To demand Ramaphosa be the main face of the party, despite objective analysis about his deep and irredeemable political and leadership flaws, is simply to give up on the party itself. Perhaps that is an unintentionally honest concession that the ANC has expired?
Of course, there are many tripartite politicians, and ordinary members of the ANC, activists included, who will not allow themselves and this once proud organisation to implode so readily, and so finally. They would have to start wrestling then with a post-Ramaphosa reality that needs to be prepared for now already. The starting point is to accept that all of the apples are rotten, but to choose one that can have a decent amount of nourishing portions of apple left after the rotten bit is cut off. And to let that person be the presidential candidate or to let Ramaphosa be on the posters but then be recalled soon afterwards. Who could such a candidate be? I honestly have no clue.

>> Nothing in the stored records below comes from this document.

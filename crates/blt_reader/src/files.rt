// Whole ballot files.
ghost use Rattle.std.specs.Prelude.{◌≡◌, false, length, List, IfOk};
ghost use Rattle.plain_ballots.specs.declared.ballot_line.BallotLine.{BallotLine};
ghost use Rattle.plain_ballots.specs.declared.limits.TheConstants.{MOST_BALLOTS};
ghost use Rattle.input_text.specs.Scan.{scan};
ghost use Rattle.blt_reader.specs.Blt.{IsBlt};
ghost use Rattle.input_text.specs.Refusal.{IsAccepted};
ghost use Rattle.blt_reader.specs.Said.{of_a_file, reading, IsFileRefusal};
ghost use Rattle.input_text.specs.Reads.{IfFault};
ghost use Rattle.blt_reader.specs.Reads.{SaysFile, ReadsFurther};
ghost use Rattle.blt_reader.specs.Stored.{SaysStored};
ghost use Rattle.blt_reader.specs.Election.{poll, poll_of_lines};

use crate::line_reader::{LineReader, OneByOne};
use crate::rolls::read_up_to_title;
use crate::{Election, StoredElection};
use input_text::{FaultKind, InputFault, InputStop, Next, Tokens, What};
use packed_ballots::BallotStore;
use plain_ballots::{Ballots, MOST_BALLOTS};
use std::alloc::Global;

/// Reads a ballot file: Ok where it has no refusal, with the election that it says.
pub fn read_blt(alloc: Global, bytes: &[u8]) -> Result<Election, InputStop>
    ensures accepted { IfOk result (λ e. IsAccepted (IsBlt MOST_BALLOTS) (scan bytes.now false) (poll e)) }
    ensures refused { IfFault result (λ fault. IsFileRefusal of_a_file (scan bytes.now false) fault) }
    ensures says { SaysFile (reading bytes.now) result }
    ensures candidates { IfOk result (λ e. e.ballots.candidates ≡ length e.roll.names) }
{
    let stored = read_file::<Ballots, OneByOne>(alloc, bytes, &OneByOne)?;
    Ok(Election {
        roll: stored.roll,
        ballots: stored.ballots,
    })
}

/// The same into a store: Ok has the election that the file says, with the ballots of its lines held by the
/// store.
pub fn read_blt_into<B: BallotStore + Drop>(
    alloc: Global,
    bytes: &[u8],
) -> Result<StoredElection<B>, InputStop>
    ensures accepted { IfOk result (λ e. (lines : List BallotLine) × IsAccepted (IsBlt MOST_BALLOTS) (scan bytes.now false) (poll_of_lines e lines) × B.holds e.ballots lines) }
    ensures refused { IfFault result (λ fault. IsFileRefusal of_a_file (scan bytes.now false) fault) }
    ensures says { SaysStored B.holds (reading bytes.now) result }
    ensures candidates { IfOk result (λ e. B.among e.ballots ≡ length e.roll.names) }
{
    read_blt_by(alloc, bytes, &OneByOne)
}

/// The same, with the ballot lines read in a way of the caller's.
pub fn read_blt_by<B: BallotStore + Drop, L: LineReader<B>>(
    alloc: Global,
    bytes: &[u8],
    how: &L,
) -> Result<StoredElection<B>, InputStop>
    ensures accepted { IfOk result (λ e. (lines : List BallotLine) × IsAccepted (IsBlt MOST_BALLOTS) (scan bytes.now false) (poll_of_lines e lines) × B.holds e.ballots lines) }
    ensures refused { IfFault result (λ fault. IsFileRefusal of_a_file (scan bytes.now false) fault) }
    ensures says { SaysStored B.holds (reading bytes.now) result }
    ensures candidates { IfOk result (λ e. B.among e.ballots ≡ length e.roll.names) }
{
    read_file(alloc, bytes, how)
}

fn read_file<B: BallotStore + Drop, L: LineReader<B>>(
    alloc: Global,
    bytes: &[u8],
    how: &L,
) -> Result<StoredElection<B>, InputStop>
    ensures says { SaysStored B.holds (reading bytes.now) result }
    ensures candidates { IfOk result (λ e. B.among e.ballots ≡ length e.roll.names) }
{
    let mut tokens = Tokens::new(bytes, false);
    let election = read_up_to_title(
        alloc,
        &mut tokens,
        MOST_BALLOTS,
        FaultKind::TooManyBallots,
        how,
    )?;
    read_further(&mut tokens)?;
    Ok(election)
}

// Strings up to the end.
fn read_further(tokens: &mut Tokens<'_>) -> Result<(), InputFault>
    ensures { ReadsFurther tokens.old.rest result }
{
    loop {
        match tokens.next() {
            Next::Token(token) => match token.what {
                What::Text => {}
                _ => {
                    return Err(InputFault {
                        kind: FaultKind::Trailing,
                        at: token.at,
                    });
                }
            },
            Next::End => return Ok(()),
            Next::Fault(fault) => return Err(fault),
        }
    }
}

The constitutional choice to consider as the first alternative to Ramaphosa would have to be Paul Mashatile. The problem is that Mashatile has his own bag of strengths and weaknesses. On the plus side, and this may sound shallow to some people but matters in a world in which humans rather than machines are voting, Mashatile has an unoffensive, and almost charming even, calm manner. If Fikile Mbalula is too noisy at times, Mashatile has zen energy.
With so much hypermasculinity in our politics, including from opposition party leaders, Mashatile’s boyishness and calm will land well initially. The problem is that if you put aesthetics aside, he is in trouble. In debates about how to solve energy insecurity, break the back of criminal networks in various parts of our lives, grow the economy and deal with asset, wealth and income inequalities, I don’t think he will sound any more impressive than the incumbent, Mr Ramaphosa.
Yet, right now we need not so much zen energy but a combination of a clear vision for an alternative to the status quo: sharp and creative, but feasible and well-founded ideas to end our most pressing problems and, crucially, political courage to challenge one’s own comrades and to win the argument inside your own party that putting the country first really is in the best interest of one’s party.
I do not have any ANC names that come to mind that meet these requirements.